**Data provided:**
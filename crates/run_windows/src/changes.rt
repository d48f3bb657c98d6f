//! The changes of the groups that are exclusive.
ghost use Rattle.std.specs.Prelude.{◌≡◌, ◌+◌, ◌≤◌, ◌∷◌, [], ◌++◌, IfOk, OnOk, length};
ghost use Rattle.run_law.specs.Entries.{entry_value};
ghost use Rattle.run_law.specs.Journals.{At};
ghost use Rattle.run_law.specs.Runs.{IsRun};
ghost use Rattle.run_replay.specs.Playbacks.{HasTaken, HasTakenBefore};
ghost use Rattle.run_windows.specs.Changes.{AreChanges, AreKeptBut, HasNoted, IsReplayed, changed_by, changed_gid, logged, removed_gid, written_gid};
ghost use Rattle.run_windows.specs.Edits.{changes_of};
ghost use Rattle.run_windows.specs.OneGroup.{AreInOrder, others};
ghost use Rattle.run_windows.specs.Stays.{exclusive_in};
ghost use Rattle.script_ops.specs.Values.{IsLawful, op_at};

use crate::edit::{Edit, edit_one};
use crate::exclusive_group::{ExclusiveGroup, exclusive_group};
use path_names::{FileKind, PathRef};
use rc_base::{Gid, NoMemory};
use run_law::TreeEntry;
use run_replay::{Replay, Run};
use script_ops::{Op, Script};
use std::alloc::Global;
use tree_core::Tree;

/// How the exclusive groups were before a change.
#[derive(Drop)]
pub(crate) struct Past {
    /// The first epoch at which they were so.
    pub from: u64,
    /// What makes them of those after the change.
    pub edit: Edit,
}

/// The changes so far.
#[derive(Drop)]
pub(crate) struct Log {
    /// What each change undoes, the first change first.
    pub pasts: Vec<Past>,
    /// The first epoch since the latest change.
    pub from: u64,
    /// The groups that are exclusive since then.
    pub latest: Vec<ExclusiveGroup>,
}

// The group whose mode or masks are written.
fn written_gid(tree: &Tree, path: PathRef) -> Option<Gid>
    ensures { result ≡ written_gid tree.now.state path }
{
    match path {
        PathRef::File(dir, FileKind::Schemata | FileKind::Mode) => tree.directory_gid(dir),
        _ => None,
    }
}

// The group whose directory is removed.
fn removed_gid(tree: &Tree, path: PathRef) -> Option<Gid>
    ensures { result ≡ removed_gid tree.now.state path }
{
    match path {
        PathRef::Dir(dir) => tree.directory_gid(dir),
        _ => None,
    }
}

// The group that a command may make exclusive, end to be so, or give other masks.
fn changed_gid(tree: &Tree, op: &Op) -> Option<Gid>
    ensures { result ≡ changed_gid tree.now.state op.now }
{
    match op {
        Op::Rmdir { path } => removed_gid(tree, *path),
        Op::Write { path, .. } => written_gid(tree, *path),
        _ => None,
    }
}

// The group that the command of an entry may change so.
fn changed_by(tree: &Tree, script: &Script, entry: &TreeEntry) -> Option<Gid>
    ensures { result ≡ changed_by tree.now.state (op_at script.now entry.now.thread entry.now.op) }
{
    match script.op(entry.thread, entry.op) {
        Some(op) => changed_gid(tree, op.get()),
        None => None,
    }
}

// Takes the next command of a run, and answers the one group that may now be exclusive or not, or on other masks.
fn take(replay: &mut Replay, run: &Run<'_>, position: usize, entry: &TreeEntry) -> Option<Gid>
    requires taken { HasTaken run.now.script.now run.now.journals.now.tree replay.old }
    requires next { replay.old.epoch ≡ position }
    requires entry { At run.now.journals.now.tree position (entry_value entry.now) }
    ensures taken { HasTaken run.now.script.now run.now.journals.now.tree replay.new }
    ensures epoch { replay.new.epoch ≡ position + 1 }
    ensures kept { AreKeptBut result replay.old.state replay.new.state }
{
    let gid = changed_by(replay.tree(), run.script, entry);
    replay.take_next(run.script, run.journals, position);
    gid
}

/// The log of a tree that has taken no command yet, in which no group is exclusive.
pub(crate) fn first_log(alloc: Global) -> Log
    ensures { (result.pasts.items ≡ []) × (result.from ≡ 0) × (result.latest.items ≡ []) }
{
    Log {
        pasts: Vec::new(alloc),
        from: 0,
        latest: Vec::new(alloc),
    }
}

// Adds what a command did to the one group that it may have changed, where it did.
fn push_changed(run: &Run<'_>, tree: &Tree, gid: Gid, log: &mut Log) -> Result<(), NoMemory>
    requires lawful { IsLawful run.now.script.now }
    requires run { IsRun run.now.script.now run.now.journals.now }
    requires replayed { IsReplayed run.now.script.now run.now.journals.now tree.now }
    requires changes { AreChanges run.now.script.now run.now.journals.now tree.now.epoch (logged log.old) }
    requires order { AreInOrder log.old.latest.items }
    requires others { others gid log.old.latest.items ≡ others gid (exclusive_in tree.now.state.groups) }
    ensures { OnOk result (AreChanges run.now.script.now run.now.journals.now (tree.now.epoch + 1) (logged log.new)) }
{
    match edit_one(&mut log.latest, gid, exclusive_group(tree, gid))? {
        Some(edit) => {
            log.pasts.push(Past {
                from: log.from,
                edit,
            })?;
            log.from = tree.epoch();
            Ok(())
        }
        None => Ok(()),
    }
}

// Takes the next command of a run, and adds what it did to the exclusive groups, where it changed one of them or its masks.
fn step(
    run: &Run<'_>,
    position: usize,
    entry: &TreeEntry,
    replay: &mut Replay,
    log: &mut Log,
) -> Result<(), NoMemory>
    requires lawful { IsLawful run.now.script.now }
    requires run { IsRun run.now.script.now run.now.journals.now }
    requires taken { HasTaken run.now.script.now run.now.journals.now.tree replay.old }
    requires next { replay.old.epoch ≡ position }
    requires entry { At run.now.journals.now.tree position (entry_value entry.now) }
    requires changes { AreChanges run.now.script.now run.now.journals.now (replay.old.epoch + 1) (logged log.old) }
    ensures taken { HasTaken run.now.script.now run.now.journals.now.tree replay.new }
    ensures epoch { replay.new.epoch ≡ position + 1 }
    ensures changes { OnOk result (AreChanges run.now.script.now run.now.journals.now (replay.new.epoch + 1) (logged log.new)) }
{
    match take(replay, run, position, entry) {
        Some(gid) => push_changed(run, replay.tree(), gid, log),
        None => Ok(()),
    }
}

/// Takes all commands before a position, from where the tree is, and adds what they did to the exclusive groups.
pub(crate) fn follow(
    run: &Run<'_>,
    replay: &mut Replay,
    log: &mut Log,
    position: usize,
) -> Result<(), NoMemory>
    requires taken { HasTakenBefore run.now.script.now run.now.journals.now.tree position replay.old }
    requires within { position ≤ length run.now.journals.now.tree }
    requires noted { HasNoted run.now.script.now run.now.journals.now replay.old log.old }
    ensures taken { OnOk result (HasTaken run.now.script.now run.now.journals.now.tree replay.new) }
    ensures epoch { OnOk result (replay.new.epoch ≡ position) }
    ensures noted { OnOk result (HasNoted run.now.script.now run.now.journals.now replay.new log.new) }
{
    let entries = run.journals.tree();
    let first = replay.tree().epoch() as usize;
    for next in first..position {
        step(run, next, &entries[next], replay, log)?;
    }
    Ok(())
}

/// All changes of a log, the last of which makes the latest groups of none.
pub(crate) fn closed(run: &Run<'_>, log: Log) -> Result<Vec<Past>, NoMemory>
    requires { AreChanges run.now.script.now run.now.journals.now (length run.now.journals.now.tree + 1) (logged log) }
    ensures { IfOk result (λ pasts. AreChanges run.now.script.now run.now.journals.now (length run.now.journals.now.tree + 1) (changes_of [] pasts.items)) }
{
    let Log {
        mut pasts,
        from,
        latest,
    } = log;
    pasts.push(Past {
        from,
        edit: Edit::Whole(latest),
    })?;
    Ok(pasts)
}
--
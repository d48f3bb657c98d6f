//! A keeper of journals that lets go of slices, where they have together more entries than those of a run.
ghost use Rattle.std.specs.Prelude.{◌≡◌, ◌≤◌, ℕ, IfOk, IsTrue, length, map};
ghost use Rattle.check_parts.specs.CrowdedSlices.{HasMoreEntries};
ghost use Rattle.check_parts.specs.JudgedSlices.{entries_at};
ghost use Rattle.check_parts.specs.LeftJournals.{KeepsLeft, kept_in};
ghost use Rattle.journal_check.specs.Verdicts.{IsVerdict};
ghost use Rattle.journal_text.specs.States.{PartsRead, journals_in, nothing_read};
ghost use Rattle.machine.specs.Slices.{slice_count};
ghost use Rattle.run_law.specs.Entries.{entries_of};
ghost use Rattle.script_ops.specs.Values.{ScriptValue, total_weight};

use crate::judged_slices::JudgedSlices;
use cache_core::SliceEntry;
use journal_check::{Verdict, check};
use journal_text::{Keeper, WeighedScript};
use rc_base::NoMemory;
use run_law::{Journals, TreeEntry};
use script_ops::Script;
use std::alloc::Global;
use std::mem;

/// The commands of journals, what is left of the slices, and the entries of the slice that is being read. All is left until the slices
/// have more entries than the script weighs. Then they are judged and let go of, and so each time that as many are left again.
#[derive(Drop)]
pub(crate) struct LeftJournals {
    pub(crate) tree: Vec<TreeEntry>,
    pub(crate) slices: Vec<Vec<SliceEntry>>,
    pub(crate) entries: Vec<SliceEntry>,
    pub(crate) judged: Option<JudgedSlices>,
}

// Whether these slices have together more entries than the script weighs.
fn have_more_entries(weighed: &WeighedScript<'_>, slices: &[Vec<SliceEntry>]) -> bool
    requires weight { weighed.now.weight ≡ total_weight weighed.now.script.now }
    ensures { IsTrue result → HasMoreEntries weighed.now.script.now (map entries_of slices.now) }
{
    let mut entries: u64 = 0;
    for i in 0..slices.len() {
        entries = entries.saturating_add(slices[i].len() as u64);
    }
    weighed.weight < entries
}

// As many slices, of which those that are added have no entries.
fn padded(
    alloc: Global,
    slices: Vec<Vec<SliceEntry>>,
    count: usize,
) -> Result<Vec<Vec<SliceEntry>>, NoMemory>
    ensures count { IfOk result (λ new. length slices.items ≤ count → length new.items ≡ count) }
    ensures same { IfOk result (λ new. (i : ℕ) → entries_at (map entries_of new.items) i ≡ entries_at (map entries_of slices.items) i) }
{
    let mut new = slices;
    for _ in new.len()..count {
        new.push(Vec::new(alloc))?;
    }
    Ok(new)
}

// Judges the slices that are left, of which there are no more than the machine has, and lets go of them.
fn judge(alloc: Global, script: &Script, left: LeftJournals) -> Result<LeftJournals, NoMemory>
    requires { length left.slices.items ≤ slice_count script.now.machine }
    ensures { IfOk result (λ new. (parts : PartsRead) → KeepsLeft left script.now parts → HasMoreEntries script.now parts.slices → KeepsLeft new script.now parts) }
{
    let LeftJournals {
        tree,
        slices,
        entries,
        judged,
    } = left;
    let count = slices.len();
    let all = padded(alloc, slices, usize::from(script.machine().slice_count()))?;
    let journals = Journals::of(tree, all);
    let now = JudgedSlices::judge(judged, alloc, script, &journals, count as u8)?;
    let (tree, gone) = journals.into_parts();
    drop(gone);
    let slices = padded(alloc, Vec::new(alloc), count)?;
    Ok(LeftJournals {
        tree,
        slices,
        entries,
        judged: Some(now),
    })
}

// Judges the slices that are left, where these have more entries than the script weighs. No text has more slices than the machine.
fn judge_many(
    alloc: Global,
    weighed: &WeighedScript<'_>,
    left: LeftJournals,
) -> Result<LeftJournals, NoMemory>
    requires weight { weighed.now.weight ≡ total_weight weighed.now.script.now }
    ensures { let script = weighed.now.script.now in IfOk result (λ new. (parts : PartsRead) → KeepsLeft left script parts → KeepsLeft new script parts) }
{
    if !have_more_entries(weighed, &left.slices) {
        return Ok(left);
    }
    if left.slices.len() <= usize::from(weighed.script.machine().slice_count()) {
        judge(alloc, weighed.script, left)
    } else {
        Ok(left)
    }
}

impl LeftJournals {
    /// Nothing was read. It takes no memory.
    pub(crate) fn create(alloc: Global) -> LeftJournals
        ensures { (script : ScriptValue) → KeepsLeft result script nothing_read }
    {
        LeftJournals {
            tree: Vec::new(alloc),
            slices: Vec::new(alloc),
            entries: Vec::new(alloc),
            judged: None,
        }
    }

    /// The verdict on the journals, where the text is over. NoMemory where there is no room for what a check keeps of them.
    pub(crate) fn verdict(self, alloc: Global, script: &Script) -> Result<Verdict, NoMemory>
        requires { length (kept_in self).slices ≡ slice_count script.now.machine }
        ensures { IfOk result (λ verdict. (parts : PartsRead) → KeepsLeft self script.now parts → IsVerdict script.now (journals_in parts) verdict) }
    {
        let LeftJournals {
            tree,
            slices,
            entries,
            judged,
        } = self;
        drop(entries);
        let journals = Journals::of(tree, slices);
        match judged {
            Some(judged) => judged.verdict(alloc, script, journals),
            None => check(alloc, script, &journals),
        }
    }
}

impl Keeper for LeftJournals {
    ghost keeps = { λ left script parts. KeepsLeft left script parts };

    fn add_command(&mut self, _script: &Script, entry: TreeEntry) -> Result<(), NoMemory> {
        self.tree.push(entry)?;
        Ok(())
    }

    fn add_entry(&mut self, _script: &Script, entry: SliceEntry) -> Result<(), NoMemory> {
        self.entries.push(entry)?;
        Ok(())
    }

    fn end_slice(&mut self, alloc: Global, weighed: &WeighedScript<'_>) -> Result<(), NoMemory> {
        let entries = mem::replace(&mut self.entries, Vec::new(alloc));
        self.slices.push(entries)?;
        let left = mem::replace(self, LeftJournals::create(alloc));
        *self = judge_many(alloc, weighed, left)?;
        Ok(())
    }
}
---
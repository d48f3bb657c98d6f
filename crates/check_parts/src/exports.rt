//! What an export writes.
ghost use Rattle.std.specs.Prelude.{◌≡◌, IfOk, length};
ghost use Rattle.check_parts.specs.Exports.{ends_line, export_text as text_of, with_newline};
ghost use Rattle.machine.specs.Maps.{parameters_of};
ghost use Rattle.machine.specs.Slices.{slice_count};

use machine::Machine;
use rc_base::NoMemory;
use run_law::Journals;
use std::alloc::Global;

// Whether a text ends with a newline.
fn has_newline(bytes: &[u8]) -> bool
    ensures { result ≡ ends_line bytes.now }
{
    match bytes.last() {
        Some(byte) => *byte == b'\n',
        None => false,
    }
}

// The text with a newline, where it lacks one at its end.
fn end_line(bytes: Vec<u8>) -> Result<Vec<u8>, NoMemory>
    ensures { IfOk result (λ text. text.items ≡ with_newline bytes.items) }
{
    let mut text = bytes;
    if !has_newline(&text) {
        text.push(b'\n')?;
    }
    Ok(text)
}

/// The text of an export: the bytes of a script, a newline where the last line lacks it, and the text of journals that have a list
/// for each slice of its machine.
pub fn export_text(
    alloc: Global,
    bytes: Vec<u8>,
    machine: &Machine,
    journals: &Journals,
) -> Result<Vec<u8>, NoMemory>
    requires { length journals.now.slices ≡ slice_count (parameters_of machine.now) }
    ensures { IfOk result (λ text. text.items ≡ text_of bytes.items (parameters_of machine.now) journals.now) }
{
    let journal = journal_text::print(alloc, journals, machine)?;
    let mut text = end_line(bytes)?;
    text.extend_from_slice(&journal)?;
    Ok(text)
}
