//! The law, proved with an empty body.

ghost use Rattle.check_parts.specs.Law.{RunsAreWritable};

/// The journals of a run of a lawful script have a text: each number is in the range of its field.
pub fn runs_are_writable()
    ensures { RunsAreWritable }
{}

**Required action:** Find the word "makes" in the records. Copy every line it appears in.

**Exercise result:**
    /// What makes them of those after the change.
/// All changes of a log, the last of which makes the latest groups of none.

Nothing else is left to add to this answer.